_EXERCISE BRIEF_.
Each line from the first down to the one containing "let refusal = refusal_of(alloc, error)?;" should be returned exactly as it appears below.

_RECORDED INFORMATION_.
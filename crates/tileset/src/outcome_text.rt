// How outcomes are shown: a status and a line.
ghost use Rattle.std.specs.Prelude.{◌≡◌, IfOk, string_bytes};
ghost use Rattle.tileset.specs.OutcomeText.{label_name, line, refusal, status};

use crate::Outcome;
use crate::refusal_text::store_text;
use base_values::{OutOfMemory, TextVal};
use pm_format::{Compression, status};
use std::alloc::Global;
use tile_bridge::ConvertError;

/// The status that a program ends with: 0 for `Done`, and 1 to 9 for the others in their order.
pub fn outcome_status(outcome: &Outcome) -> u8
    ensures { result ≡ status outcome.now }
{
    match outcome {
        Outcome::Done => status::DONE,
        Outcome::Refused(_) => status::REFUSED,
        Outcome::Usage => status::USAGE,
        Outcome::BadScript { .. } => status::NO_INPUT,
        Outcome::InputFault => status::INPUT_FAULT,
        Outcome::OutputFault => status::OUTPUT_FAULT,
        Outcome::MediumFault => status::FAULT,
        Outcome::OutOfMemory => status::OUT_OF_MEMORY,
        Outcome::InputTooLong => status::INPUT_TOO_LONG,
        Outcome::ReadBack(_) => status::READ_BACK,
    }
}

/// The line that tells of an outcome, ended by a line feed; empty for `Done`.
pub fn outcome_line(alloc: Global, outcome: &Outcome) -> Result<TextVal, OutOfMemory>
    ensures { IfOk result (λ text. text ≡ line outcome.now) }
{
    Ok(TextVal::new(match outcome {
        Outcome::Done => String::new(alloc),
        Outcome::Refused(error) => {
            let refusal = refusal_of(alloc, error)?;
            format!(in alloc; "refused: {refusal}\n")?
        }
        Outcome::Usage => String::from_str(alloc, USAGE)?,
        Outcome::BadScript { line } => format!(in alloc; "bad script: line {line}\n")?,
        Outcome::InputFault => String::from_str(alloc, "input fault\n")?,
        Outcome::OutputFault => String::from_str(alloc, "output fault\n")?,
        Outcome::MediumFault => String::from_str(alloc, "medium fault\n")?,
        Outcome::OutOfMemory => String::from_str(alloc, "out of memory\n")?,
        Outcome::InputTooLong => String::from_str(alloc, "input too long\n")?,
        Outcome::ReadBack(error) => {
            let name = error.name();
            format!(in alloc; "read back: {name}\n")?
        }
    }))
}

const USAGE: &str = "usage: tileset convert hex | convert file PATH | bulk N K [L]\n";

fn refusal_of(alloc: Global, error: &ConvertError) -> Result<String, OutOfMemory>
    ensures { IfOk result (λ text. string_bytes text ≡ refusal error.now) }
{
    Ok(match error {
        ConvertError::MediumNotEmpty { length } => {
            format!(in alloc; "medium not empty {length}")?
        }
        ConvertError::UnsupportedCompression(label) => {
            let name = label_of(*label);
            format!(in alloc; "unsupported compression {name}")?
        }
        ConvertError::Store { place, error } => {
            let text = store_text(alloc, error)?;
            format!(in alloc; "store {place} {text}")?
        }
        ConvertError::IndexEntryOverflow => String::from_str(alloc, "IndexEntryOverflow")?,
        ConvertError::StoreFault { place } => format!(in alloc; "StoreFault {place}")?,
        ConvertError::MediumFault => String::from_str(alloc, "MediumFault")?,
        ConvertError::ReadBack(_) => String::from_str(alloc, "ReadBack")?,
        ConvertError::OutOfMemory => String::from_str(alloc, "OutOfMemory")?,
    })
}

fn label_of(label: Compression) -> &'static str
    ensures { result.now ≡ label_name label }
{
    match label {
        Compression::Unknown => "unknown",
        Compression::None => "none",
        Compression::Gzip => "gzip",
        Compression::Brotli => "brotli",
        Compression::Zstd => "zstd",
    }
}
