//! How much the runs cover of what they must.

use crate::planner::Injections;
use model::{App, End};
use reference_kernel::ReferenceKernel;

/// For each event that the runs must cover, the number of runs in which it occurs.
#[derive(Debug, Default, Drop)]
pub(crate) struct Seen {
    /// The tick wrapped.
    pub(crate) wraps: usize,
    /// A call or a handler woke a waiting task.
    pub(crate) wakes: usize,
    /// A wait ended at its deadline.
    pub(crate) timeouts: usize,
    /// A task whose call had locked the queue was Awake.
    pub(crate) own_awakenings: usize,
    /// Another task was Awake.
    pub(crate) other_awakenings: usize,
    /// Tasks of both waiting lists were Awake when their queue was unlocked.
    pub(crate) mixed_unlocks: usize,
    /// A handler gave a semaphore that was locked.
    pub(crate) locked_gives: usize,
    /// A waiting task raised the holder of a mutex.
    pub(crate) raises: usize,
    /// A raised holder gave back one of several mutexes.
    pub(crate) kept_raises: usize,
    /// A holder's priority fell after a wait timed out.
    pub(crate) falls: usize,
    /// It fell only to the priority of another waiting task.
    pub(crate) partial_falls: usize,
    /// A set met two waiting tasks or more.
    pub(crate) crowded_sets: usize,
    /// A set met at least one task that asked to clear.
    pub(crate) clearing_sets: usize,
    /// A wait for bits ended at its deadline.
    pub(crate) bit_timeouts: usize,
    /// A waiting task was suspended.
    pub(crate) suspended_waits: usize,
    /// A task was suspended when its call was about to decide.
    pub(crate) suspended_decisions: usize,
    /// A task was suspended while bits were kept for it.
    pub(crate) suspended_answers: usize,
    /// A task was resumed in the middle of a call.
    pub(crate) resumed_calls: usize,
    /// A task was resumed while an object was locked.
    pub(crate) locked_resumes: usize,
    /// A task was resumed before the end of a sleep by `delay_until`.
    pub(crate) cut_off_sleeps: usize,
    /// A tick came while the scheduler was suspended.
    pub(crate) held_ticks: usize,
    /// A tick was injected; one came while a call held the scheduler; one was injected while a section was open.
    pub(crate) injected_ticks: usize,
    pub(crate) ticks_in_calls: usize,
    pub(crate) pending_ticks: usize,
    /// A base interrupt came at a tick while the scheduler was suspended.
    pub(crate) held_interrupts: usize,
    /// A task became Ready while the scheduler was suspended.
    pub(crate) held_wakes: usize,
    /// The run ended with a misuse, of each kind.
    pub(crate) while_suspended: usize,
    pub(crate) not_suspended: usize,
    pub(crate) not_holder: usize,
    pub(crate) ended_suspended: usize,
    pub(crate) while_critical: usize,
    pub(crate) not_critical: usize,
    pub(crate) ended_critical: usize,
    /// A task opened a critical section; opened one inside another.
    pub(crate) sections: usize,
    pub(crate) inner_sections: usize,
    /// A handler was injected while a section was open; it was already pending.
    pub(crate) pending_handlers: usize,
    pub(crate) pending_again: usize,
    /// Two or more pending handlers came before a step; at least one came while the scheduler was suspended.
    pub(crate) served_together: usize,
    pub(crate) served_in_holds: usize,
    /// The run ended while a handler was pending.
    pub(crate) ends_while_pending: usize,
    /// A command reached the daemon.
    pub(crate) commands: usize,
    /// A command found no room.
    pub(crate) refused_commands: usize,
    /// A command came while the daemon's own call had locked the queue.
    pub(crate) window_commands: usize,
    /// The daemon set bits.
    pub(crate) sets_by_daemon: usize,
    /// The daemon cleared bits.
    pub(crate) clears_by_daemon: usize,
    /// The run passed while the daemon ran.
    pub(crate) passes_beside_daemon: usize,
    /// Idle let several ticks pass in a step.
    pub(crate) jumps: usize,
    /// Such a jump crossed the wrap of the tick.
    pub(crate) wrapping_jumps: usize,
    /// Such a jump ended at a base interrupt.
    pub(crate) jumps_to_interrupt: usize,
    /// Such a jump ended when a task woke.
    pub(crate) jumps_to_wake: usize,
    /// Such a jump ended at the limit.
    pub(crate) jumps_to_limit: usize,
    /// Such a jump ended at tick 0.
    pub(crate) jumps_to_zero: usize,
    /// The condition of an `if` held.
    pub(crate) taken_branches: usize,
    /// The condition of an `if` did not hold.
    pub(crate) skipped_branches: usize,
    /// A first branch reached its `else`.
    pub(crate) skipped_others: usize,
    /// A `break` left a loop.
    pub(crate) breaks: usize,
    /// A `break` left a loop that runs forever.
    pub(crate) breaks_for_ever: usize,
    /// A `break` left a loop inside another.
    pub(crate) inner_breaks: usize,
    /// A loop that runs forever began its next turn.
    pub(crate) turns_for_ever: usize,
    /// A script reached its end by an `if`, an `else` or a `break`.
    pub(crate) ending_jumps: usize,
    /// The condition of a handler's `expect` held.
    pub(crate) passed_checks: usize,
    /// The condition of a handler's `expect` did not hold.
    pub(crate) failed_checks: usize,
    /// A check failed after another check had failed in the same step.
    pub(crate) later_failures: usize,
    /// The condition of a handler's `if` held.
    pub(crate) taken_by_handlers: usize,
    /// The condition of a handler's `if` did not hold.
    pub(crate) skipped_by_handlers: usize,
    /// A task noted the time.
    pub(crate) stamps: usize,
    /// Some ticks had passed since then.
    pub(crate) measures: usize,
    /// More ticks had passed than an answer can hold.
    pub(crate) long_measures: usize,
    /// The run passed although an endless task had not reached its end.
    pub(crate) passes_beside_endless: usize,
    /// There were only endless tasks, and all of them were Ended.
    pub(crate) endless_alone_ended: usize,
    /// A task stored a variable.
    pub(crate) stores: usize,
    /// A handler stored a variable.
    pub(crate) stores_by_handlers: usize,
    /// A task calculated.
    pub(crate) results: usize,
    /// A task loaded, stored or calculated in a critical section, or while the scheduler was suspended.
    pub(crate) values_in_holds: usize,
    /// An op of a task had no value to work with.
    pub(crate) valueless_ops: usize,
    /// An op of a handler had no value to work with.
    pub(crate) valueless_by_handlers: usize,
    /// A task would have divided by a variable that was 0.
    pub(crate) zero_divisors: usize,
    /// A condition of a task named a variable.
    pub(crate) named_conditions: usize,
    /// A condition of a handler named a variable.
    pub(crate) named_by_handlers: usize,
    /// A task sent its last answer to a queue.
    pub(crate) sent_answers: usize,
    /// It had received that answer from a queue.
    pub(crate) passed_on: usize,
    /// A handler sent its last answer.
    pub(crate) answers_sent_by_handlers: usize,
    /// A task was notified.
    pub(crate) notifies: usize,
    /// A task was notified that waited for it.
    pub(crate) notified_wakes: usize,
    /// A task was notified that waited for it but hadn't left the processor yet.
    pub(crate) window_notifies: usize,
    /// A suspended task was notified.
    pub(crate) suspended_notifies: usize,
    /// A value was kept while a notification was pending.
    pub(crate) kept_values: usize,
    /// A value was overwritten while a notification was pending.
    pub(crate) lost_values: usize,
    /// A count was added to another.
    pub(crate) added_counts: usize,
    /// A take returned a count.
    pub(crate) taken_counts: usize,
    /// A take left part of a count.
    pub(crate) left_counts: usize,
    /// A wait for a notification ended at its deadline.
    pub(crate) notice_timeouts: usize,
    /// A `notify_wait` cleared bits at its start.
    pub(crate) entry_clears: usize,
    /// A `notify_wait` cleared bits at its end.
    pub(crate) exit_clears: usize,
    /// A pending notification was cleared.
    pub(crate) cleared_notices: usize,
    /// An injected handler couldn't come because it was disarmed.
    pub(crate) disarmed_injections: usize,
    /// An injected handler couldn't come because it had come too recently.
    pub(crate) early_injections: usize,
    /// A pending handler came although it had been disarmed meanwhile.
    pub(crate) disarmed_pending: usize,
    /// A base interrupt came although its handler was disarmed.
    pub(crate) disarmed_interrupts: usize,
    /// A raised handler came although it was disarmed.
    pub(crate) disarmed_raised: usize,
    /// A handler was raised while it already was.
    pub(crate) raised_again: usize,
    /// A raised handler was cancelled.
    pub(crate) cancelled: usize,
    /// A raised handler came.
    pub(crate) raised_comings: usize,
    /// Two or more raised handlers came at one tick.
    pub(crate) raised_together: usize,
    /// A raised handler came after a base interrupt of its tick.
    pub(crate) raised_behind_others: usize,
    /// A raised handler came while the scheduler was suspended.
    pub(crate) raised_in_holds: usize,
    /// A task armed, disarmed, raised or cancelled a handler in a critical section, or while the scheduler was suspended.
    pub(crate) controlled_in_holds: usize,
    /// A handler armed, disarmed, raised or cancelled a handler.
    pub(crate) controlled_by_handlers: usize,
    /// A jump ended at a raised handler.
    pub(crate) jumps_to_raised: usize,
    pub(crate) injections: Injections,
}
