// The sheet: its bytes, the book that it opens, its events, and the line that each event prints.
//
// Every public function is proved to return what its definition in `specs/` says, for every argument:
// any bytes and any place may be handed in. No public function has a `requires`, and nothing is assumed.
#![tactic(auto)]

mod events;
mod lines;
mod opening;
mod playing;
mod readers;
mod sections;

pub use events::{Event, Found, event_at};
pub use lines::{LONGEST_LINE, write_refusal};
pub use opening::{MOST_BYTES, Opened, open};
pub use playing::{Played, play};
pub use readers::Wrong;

_SOLUTION TO THE EXERCISE_.
filename crates/tileset/src/outcome_text.rt
// How outcomes are shown: a status and a line.
ghost use Rattle.std.specs.Prelude.{◌≡◌, IfOk, string_bytes};
ghost use Rattle.tileset.specs.OutcomeText.{label_name, line, refusal, status};

use crate::Outcome;
use crate::refusal_text::store_text;
use base_values::{OutOfMemory, TextVal};
use pm_format::{Compression, status};
use std::alloc::Global;
use tile_bridge::ConvertError;

/// The status that a program ends with: 0 for `Done`, and 1 to 9 for the others in their order.
pub fn outcome_status(outcome: &Outcome) -> u8
    ensures { result ≡ status outcome.now }
{
    match outcome {
        Outcome::Done => status::DONE,
        Outcome::Refused(_) => status::REFUSED,
        Outcome::Usage => status::USAGE,
        Outcome::BadScript { .. } => status::NO_INPUT,
        Outcome::InputFault => status::INPUT_FAULT,
        Outcome::OutputFault => status::OUTPUT_FAULT,
        Outcome::MediumFault => status::FAULT,
        Outcome::OutOfMemory => status::OUT_OF_MEMORY,
        Outcome::InputTooLong => status::INPUT_TOO_LONG,
        Outcome::ReadBack(_) => status::READ_BACK,
    }
}

/// The line that tells of an outcome, ended by a line feed; empty for `Done`.
pub fn outcome_line(alloc: Global, outcome: &Outcome) -> Result<TextVal, OutOfMemory>
    ensures { IfOk result (λ text. text ≡ line outcome.now) }
{
    Ok(TextVal::new(match outcome {
        Outcome::Done => String::new(alloc),
        Outcome::Refused(error) => {
            let refusal = refusal_of(alloc, error)?;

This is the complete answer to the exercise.